### EXERCISE AIM:
Go through the data below and return each line where the string "AdaptedIsSequential" appears.

### MATERIAL FOR THE TASK:
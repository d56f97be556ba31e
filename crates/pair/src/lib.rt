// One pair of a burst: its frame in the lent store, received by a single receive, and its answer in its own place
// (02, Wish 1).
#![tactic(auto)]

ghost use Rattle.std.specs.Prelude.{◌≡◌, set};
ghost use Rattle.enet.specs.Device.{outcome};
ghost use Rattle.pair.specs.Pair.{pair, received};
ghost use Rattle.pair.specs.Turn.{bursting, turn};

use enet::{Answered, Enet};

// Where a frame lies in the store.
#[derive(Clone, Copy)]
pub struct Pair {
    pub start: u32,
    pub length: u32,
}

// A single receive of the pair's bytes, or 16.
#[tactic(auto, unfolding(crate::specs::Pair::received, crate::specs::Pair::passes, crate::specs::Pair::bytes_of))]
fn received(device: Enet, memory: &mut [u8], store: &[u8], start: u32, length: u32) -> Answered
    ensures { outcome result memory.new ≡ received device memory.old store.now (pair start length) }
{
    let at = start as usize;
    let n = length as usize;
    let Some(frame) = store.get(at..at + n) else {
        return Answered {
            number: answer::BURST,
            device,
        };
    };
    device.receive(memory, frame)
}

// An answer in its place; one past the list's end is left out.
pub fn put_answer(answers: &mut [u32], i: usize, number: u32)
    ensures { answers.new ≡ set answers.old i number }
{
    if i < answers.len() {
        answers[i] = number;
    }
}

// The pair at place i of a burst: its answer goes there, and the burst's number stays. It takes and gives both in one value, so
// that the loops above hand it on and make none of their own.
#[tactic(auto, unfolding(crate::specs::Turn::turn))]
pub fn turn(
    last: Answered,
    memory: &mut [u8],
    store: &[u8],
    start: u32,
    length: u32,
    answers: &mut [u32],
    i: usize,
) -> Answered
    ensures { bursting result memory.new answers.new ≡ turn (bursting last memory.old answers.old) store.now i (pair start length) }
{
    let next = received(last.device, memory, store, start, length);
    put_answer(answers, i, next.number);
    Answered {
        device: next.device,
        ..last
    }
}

==

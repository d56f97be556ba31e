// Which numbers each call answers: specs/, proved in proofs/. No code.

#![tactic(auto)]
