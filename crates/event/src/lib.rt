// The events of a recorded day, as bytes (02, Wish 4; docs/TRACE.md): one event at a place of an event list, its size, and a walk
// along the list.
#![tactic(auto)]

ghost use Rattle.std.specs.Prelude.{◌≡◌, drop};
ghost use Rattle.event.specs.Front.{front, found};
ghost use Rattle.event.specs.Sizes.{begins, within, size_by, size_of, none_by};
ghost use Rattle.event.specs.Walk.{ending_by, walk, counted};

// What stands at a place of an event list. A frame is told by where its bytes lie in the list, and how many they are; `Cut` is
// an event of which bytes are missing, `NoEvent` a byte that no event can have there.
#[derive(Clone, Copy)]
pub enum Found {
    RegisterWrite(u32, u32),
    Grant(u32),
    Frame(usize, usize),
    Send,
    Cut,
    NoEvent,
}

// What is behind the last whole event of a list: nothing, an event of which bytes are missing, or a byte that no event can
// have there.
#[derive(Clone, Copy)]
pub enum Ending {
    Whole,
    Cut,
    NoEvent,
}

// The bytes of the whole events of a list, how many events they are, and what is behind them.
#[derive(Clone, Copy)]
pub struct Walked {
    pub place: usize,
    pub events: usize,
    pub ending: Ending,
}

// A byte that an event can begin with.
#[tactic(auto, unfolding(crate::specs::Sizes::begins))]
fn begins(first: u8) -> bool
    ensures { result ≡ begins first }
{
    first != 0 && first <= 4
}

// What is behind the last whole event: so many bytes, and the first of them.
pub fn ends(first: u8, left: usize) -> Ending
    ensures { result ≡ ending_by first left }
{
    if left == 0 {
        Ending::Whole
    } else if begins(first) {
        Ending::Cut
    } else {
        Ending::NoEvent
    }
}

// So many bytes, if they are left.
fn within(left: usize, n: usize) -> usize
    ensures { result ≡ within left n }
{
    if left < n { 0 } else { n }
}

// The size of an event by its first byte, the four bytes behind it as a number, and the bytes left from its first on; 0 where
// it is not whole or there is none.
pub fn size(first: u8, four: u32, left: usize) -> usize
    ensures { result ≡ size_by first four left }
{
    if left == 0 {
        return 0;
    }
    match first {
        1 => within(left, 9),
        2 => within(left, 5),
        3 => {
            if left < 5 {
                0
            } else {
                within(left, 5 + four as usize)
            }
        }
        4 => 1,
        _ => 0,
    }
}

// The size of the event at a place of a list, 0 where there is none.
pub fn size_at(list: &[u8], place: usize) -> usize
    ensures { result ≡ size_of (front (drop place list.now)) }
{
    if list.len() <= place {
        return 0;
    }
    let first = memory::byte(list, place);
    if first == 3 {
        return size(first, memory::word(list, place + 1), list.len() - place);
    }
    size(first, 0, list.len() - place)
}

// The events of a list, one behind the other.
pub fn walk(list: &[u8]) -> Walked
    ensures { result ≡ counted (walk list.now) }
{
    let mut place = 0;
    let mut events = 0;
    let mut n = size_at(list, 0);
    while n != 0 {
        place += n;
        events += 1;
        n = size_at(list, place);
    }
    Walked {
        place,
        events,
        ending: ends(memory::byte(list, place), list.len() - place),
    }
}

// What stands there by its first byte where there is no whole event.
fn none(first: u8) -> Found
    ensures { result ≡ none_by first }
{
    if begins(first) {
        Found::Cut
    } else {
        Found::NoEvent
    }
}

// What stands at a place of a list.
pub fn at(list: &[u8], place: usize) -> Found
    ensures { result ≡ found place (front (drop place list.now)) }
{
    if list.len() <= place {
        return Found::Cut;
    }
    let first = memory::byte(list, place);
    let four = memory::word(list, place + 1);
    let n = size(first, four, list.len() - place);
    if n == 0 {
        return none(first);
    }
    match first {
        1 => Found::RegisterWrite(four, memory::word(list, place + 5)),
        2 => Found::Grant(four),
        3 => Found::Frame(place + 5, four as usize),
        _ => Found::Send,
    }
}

==

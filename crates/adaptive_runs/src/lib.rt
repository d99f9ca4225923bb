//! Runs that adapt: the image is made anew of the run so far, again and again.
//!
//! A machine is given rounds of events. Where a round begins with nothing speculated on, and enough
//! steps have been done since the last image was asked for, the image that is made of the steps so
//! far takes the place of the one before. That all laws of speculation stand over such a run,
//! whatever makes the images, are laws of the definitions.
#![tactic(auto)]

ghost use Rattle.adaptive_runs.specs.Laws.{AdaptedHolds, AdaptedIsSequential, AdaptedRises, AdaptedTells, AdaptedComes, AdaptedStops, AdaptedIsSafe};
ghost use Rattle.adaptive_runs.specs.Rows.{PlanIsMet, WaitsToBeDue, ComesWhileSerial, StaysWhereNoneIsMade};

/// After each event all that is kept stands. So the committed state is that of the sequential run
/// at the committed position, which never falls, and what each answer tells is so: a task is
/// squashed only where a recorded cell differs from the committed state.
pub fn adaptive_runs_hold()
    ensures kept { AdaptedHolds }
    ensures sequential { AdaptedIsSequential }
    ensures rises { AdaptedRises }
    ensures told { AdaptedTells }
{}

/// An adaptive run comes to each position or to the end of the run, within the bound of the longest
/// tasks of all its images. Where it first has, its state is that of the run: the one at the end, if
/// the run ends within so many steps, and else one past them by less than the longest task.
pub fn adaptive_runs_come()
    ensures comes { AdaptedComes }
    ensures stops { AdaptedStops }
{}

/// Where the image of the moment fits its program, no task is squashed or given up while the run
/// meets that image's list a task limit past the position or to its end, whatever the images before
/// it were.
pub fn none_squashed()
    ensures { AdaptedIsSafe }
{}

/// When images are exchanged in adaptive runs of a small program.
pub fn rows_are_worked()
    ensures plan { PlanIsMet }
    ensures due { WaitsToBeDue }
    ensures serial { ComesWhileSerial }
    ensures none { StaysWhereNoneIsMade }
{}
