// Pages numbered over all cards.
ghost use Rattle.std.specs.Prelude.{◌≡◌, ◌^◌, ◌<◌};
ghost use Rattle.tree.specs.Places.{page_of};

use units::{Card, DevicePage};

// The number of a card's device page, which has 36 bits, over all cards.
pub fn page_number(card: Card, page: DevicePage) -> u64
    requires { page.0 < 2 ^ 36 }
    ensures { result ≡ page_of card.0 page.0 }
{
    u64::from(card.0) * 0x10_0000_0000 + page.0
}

### EXPECTED OUTPUT:
ghost use Rattle.adaptive_runs.specs.Laws.{AdaptedHolds, AdaptedIsSequential, AdaptedRises, AdaptedTells, AdaptedComes, AdaptedStops, AdaptedIsSafe};
    ensures sequential { AdaptedIsSequential }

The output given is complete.